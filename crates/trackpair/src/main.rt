// Finds a record on a track or on the alternative that it names: `trackpair FIRST SECOND S`. Each file has a track's bytes and behind them as many marks. Writes two lines
// for the key and two for the data: the track that the answer speaks of (1 or 2), its number, with 10 and 11 as in `10.2` the second number too, its place and the part's length;
// and then the part itself.
#![tactic(auto)]

ghost use Rattle.std.specs.Prelude.{◌≤◌, length};

use input::{Halves, Number, ROOM, read_full};
use reader::Wanted;
use std::io::Read;
use std::rt::{Env, Files};
use std::{fs, io, str};

// Writes the answer to the part asked for, and on a line of its own the part.
fn write_part(
    rt: &impl Print,
    name: &str,
    first: Halves,
    second: Halves,
    s: u8,
    wanted: Wanted,
) -> io::Result<()> {
    let (track, marks) = (first.track, first.marks);
    let (other, other_marks) = (second.track, second.marks);
    let found = reader::pair_find_part(track, marks, other, other_marks, s, wanted);
    let part = reader::pair_find(track, marks, other, other_marks, s, wanted);
    let which = if found.second { 2 } else { 1 };
    let answer = format::answer_of(&found.outcome);
    println!(rt;
        "{name} {which} {} {} {}",
        Number(answer),
        answer.place,
        part.len()
    )?;
    rt.write_all(part)?;
    println!(rt)
}

// Writes the lines of the record S.
fn write_record(rt: &impl Print, first: Halves, second: Halves, s: u8) -> io::Result<()> {
    write_part(rt, "key", first, second, s, Wanted::TheKey)?;
    write_part(rt, "data", first, second, s, Wanted::TheData)
}

// Puts argument i at the buffer's start and returns its length; 0 where it is missing or longer than the buffer.
// Stays as it is: an `Option` is no plainer, as both callers take a missing argument for an empty one.
fn argument(rt: &impl Env, i: usize, buffer: &mut [u8]) -> usize
    ensures { result ≤ length buffer.new }
{
    rt.arg(i, buffer).unwrap_or(0)
}

// The text of an error without the system's number of it.
fn words_of(text: &str) -> &str {
    match text.split_once(" (os error ") {
        Some((words, _)) => words,
        None => text,
    }
}

// Writes to standard error what failed, a colon and the error in the system's words.
fn fail<R: Alloc + Eprint>(rt: &R, what: &str, error: &io::Error) -> io::Result<()> {
    let text = format!(in rt.alloc(); "{error}")?;
    eprintln!(rt; "{what}: {}", words_of(text.as_str()))
}

// Opens the file that argument i names; none where that fails, which is said on standard error.
fn open_argument<R: Alloc + Env + Eprint + Files>(rt: &R, i: usize) -> io::Result<Option<R::File>> {
    let mut name = [0u8; 4096];
    let n = argument(rt, i, &mut name);
    let Ok(path) = str::from_utf8(&name[..n]) else {
        eprintln!(rt; "argument {i}: not UTF-8")?;
        return Ok(None);
    };
    match fs::open(rt, path) {
        Ok(file) => Ok(Some(file)),
        Err(error) => {
            fail(rt, path, &error)?;
            Ok(None)
        }
    }
}

// The number up to 255 that one to three decimal digits tell.
fn number_in(digits: &[u8]) -> Option<u8> {
    if digits.len() > 3 || !digits.iter().all(u8::is_ascii_digit) {
        return None;
    }
    str::from_utf8(digits).ok()?.parse().ok()
}

// The number that argument i tells.
fn number_argument(rt: &impl Env, i: usize) -> Option<u8> {
    let mut digits = [0u8; 4];
    let n = argument(rt, i, &mut digits);
    number_in(&digits[..n])
}

// Reads both files and writes the record.
fn find_in_files(
    rt: &impl Print,
    one: &mut impl Read,
    two: &mut impl Read,
    s: u8,
) -> io::Result<()> {
    let mut first = [0u8; ROOM];
    let n = read_full(one, &mut first)?;
    let mut second = [0u8; ROOM];
    let k = read_full(two, &mut second)?;
    write_record(rt, Halves::from(&first[..n]), Halves::from(&second[..k]), s)
}

// Finds the record that the arguments name, or says how to call the program.
fn main(rt: HostRuntime) -> io::Result<()> {
    let Some(s) = number_argument(&rt, 3) else {
        return eprintln!(rt; "usage: trackpair FIRST SECOND S, S from 0 to 255");
    };
    let Some(mut one) = open_argument(&rt, 1)? else {
        return Ok(());
    };
    let Some(mut two) = open_argument(&rt, 2)? else {
        return Ok(());
    };
    find_in_files(&rt, &mut one, &mut two, s)
}
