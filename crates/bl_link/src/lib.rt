//! Parts linked to one program. Unless memory runs out, `link` returns Ok iff each part was judged behind the faces of the parts before
//! it, only the last one as the last file, and no rule fails for the tree of their joined texts (`specs/Linked.antt`, `AreLinked`). It
//! returns what `accept` of `bl_rules` returns for one text. Otherwise it returns the first part that doesn't fit, or the first failing
//! rule with its place in one of the texts (`LinkStops`).
//!
//! The texts are lexed one by one and parsed as one text, which may be longer than a single text. So the rules Size, Lex, Profile, Depth and
//! Syntax can't fail: each part passes them by itself.
//!
//! `FirstFiles` compiles texts in turn, each behind the faces of those before it, and links them (`specs/Files.antt`, `AreFilesOf`,
//! `FailsAtFile`, `FailTogether`).
//!
//! Laws: parts have one answer, and files end in one way; the joined texts of parts have one tree.
#![tactic(auto)]

mod fault;
mod files;
mod fits;
pub mod laws;
mod linked;
mod whole;

pub use fault::LinkFault;
pub use files::FirstFiles;
pub use linked::link;
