//! Files of a program, compiled one after another.

ghost use Rattle.std.specs.Prelude.{◌≡◌, ◌+◌, ◌<◌, ◌≤◌, [], ◌∷◌, ◌++◌, length, nat_eq, IfErr, IfOk};

use crate::fault::LinkFault;
use crate::linked::link;
use bl_face::Face;
use bl_module::{Part, PartFault, compile};
use bl_module_laws_faces::faces::faces_declare;
use bl_rules::AcceptedSource;
use bl_tree::{List, NoMemory};
use std::alloc::Global;
use std::marker::Model;

/// The first files of a program, each compiled behind the faces of those before it.
#[derive(Drop)]
pub struct FirstFiles {
    /// How many files the program has.
    count: usize,
    parts: List<Part>,
    /// Those of the parts.
    faces: List<Face>,
}

impl Model for FirstFiles {
    ghost use Rattle.bl_link.specs.Files.{SeenFiles};
    ghost use Rattle.bl_link.specs.Fits.{part_texts};
    ghost use Rattle.bl_link.specs.inner.Whole.{AreFirst};

    ghost Value = { SeenFiles };

    ghost view = { λ files. record { count = files.count; texts = part_texts files.parts; faces = files.faces } };

    ghost invariant = { λ files. AreFirst files.count files.parts files.faces };
}

impl FirstFiles {
    ghost use Rattle.bl_link.specs.Files.{AreFilesOf, NextStops, JoinedStops, SeenFiles, files_with};
    ghost use Rattle.bl_link.specs.inner.Whole.{AreFirst};
    ghost use Rattle.bl_module.specs.Faces.{items_of};
    ghost use Rattle.bl_module.specs.Parts.{SeenPart};
    ghost use Rattle.bl_module_laws.specs.Files.{AreGoodFiles};
    ghost use Rattle.bl_rules_laws_sizes.specs.Small.{IsOfSmallTree};

    /// No file yet, of so many.
    pub fn new(alloc: Global, count: usize) -> FirstFiles
        requires some { 1 ≤ count }
        requires few { count ≤ 64 }
        ensures { result ≡ files_with count [] [] }
    {
        FirstFiles {
            count,
            parts: List::new(alloc),
            faces: List::new(alloc),
        }
    }

    /// Compiles the next file behind the faces of those before it. Else the first rule that fails for it.
    pub fn with(self, alloc: Global, text: &[u8]) -> Result<FirstFiles, PartFault>
        requires room { length self.texts < self.count }
        ensures count { IfOk result (λ files. files.count ≡ self.count) }
        ensures texts { IfOk result (λ files. files.texts ≡ self.texts ++ text.now ∷ []) }
        ensures fault { IfErr result (NextStops self.count self.texts text.now) }
    {
        let last = self.parts.len() + 1 == self.count;
        let part = match compile(alloc, text, &self.faces, last) {
            Ok(part) => part,
            Err(fault) => return Err(fault),
        };
        match self.with_part(alloc, part) {
            Ok(files) => Ok(files),
            Err(NoMemory) => Err(PartFault::NoMemory),
        }
    }

    /// The files with a part behind them. The face of the part stands behind those before it, as `faces_declare` says.
    fn with_part(self, alloc: Global, part: Part) -> Result<FirstFiles, NoMemory>
        requires room { length self.texts < self.count }
        requires uses { items_of part.uses ≡ items_of self.faces }
        requires last { part.last ≡ nat_eq (length self.texts + 1) self.count }
        ensures count { IfOk result (λ files. files.count ≡ self.count) }
        ensures texts { IfOk result (λ files. files.texts ≡ self.texts ++ part.text ∷ []) }
    {
        faces_declare();
        part.is_part();
        let face = part.face().copy(alloc)?;
        let FirstFiles {
            count,
            mut parts,
            mut faces,
        } = self;
        faces.push(face)?;
        parts.push(part)?;
        Ok(FirstFiles {
            count,
            parts,
            faces,
        })
    }

    /// The program of all files. Else the first rule that fails for the joined texts.
    pub fn link(&self, alloc: Global) -> Result<AcceptedSource, LinkFault>
        requires all { length self.now.texts ≡ self.now.count }
        ensures accepted { IfOk result (λ accepted. AreFilesOf self.now.texts accepted.program) }
        ensures of_small_tree { IfOk result (λ accepted. IsOfSmallTree accepted.program) }
        ensures fault { IfErr result (JoinedStops self.now.texts) }
    {
        match link(alloc, &self.parts) {
            Ok(accepted) => Ok(accepted),
            Err(fault) => Err(fault),
        }
    }

    /// Each file is good behind the faces of those before it.
    pub fn are_good(&self)
        ensures { AreGoodFiles self.now.count self.now.texts self.now.faces }
    {
        let _ = &self.parts;
    }
}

*-*-*

Look through the data above and return exactly the lines from the one that contains "pub mod laws;" to the one that contains "the program has.", inclusive, with nothing else.

** Exercise answer **
pub mod laws;
mod linked;
mod whole;

pub use fault::LinkFault;
pub use files::FirstFiles;
pub use linked::link;
//! Files of a program, compiled one after another.

ghost use Rattle.std.specs.Prelude.{◌≡◌, ◌+◌, ◌<◌, ◌≤◌, [], ◌∷◌, ◌++◌, length, nat_eq, IfErr, IfOk};

use crate::fault::LinkFault;
use crate::linked::link;
use bl_face::Face;
use bl_module::{Part, PartFault, compile};
use bl_module_laws_faces::faces::faces_declare;
use bl_rules::AcceptedSource;
use bl_tree::{List, NoMemory};
use std::alloc::Global;
use std::marker::Model;

/// The first files of a program, each compiled behind the faces of those before it.
#[derive(Drop)]
pub struct FirstFiles {
    /// How many files the program has.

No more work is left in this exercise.